Photo shows Outlet Beach at Sandbanks Provincial Park

The following is second set of comments submitted to the municipality on the new Official Plan which will be considered by Council in February.

The County has a long-standing and acute shortage of roofed accommodation which is constraining further development of tourism and creating pressure for the conversion of residences into Short-Term Accommodations.

The current (2006) Official Plan and the draft under consideration both encourage the development of resorts to increase the supply of roofed accommodation and to encourage 4-season visitors.

Under both the current and the draft plan, resort development is to take place on lands designated as Shore.

In my assessment, this approach has proven to be ineffective: I am not aware of significant development of new resorts in the County since this approach was first initiated two decades ago. I likewise expect that the County is unlikely to see meaningful resort development under the new Official Plan if development remains limited to lands classed Shore.

Two years ago, I carried out a site selection study for a client considering the development of a resort in the County.

Given the requirement for resorts to be sited on Shore, I reviewed every single parcel of land so designated and learned that the sites suitable for resort development are extremely limited.

Over the years, most of the lands designated as Shore have been sub-divided into hundreds of residential-sized lots, especially in the designated Tourist Corridor in the northwest part of the County closest to Toronto.

In many areas, the County’s roads are situated quite close to the water, and the lands designated as Shore lie between the road and the water. As a result, many of the parcels designated as Shore have a depth of 60 meters or less.

There are a limited number of larger parcels which have remained intact, but several of these have Environmentally Protected zones which limit development potential.

The draft Official Plan contains further restrictions on the Shore lands which are available for resort development.

The strengthened protections for Natural Core Areas mean that development in excess of 500 square meters is prohibited in such areas. One knock-on effect of this policy is to exclude from resort development a significant fraction of the lands designated Shore.

Finally, in my opinion, the continued emphasis on Shore as the focus for resort development is based on outdated assumptions about what is attracting high-value tourists and commercial visitors to the County.

In the past, the County attracted mainly tourists who were looking for waterfront. However, I believe that this is no longer true. Many of today’s high value tourists are attracted to the County for other reasons including wineries, fine dining and shopping opportunities and spend only a small portion -if any- of their time on water-related activities.

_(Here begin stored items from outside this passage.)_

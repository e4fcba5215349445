ghost use Rattle.std.specs.Prelude.{◌≡◌, ◌↔◌, ◌<◌, length, IfErr, IfOk, IsTrue, OnErr, OnOk};
ghost use Rattle.ug_pool.specs.Pools.{entry_at};
ghost use Rattle.ug_stock.specs.Assigning.{CanBeAssigned, HasAssignedAll, HasAssignedPart, IsAssigned, IsGivenFirst, IsPlaced, KeepsPlaces};

use crate::firsts::{first_changes, take_first};
use crate::frontier::Frontier;
use crate::telling::node_order;
use crate::terms::{Stopped, Terms};
use std::alloc::AllocError;
use ug_branch::Params;
use ug_nodes::Changes;
use ug_pool::OpenNodes;
use ug_ranks::Assignment;

impl Frontier {
    /// Assigns the first node of the pool to the lowest idle rank, while there are a rank, a node
    /// and a ticket. Returns how often. Fails if memory runs out, with the number of assignments
    /// that stand.
    #[tactic(auto, using(crate::proofs::Progress::none_assigned, crate::proofs::Progress::nothing_moved))]
    pub fn assign_all(&mut self, terms: Terms) -> Result<u64, Stopped>
        ensures ok { IfOk result (HasAssignedAll terms self.old self.new) }
        ensures err { IfErr result (λ stopped. HasAssignedPart terms self.old self.new stopped.steps) }
        ensures places { KeepsPlaces self.old self.new }
    {
        // The usual case, which examines no rank.
        if self.pool.len() == 0 {
            return Ok(0);
        }
        self.assign_each(terms)
    }

    // The same, by a look at each rank.
    fn assign_each(&mut self, terms: Terms) -> Result<u64, Stopped>
        ensures ok { IfOk result (HasAssignedAll terms self.old self.new) }
        ensures err { IfErr result (λ stopped. HasAssignedPart terms self.old self.new stopped.steps) }
        ensures places { KeepsPlaces self.old self.new }
    {
        let mut steps = 0;
        for rank in 0..self.ranks.as_slice().len() as u32 {
            if !self.can_be_assigned(rank) {
                continue;
            }
            let Ok(()) = self.assign(terms, rank) else {
                return Err(Stopped { steps });
            };
            steps += 1;
        }
        Ok(steps)
    }

    // Whether the rank is idle, and there is a node for it and a ticket.
    fn can_be_assigned(&self, rank: u32) -> bool
        requires { rank < length self.now.ranks }
        ensures { IsTrue result
            ↔ CanBeAssigned rank self.now.ranks self.now.pool.entries self.now.last }
    {
        self.ranks.state(rank).is_idle() && self.pool.len() > 0 && self.last < u64::MAX
    }

    // Gives the first node of the pool to an idle rank, with a copy of the node's changes for the
    // order, and so much room in the queue that each rank has a place for its Stop then, whether it
    // works or not: so none need be counted. After an error nothing has changed.
    fn assign(&mut self, terms: Terms, rank: u32) -> Result<(), AllocError>
        requires there { rank < length self.old.ranks }
        requires can { CanBeAssigned rank self.old.ranks self.old.pool.entries self.old.last }
        ensures ok { OnOk result (IsAssigned terms rank self.old self.new) }
        ensures err { OnErr result (self.new ≡ self.old) }
    {
        let changes = first_changes(&self.pool)?;
        self.orders.reserve(self.ranks.as_slice().len() + 2)?;
        self.give_first(terms, rank, changes);
        Ok(())
    }

    // Gives the first node of the pool to an idle rank, under the next ticket.
    #[tactic(auto, using(crate::proofs::Places::one_works))]
    fn give_first(&mut self, terms: Terms, rank: u32, changes: Changes)
        requires there { rank < length self.old.ranks }
        requires can { CanBeAssigned rank self.old.ranks self.old.pool.entries self.old.last }
        requires changes { changes ≡ (entry_at self.old.pool.entries 0).node.changes }
        requires room { 0 < self.old.orders.spare }
        ensures given { IsGivenFirst terms rank self.old self.new }
        ensures placed { IsPlaced self.old self.new }
    {
        if let Some(entry) = take_first(&mut self.pool) {
            self.last += 1;
            self.orders
                .push(node_order(terms, rank, self.last, changes));
            let ticket = terms.ticket(self.last);
            let given = Assignment {
                ticket,
                node: entry.node,
                floor: entry.floor,
                params: Params::first(terms.base),
            };
            self.ranks.give(rank, given);
        }
    }
}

In fact, I believe that proximity to wineries, fine dining and shopping opportunities will be much more important in attracting high-value tourists than water-based activities.

Earlier in my career I had an opportunity to work closely with a leading Canadian hotel chain as a management consultant. At least at that time, there was strong evidence that their clients did not want to eat more than one meal a day in the hotel or resort where they were staying. To the extent that this remains true today, proximity to fine dining will be essential for the success of future resorts in the County.

Finally, if our goal is to develop 4-season travel to the County, we need to be aware that our rural waterfront is not a particularly attractive environment for many tourists during winter when temperatures are low and winds are high along our exposed shores.

Perhaps in recognition of the limited Shore land available for resort development, the draft Official Plan proposes that the municipality should be able to designate additional lands as shore without the requirement for an Official Plan Amendment.

I strongly believe that to minimize uncertainty and conflict, developers and citizens both need to know in advance what the rules are, and that it would be a serious mistake to enable the municipality to create new Shore land without the scrutiny of the Official Plan amendment process.

There is a management saying to the effect that “insanity is doing what you’ve done before and expecting a different outcome”. If the County wants to have resort development in the future which makes a meaningful contribution to year-round visitors, then the potential locations for resort will need to be broadened beyond lands designated Shore.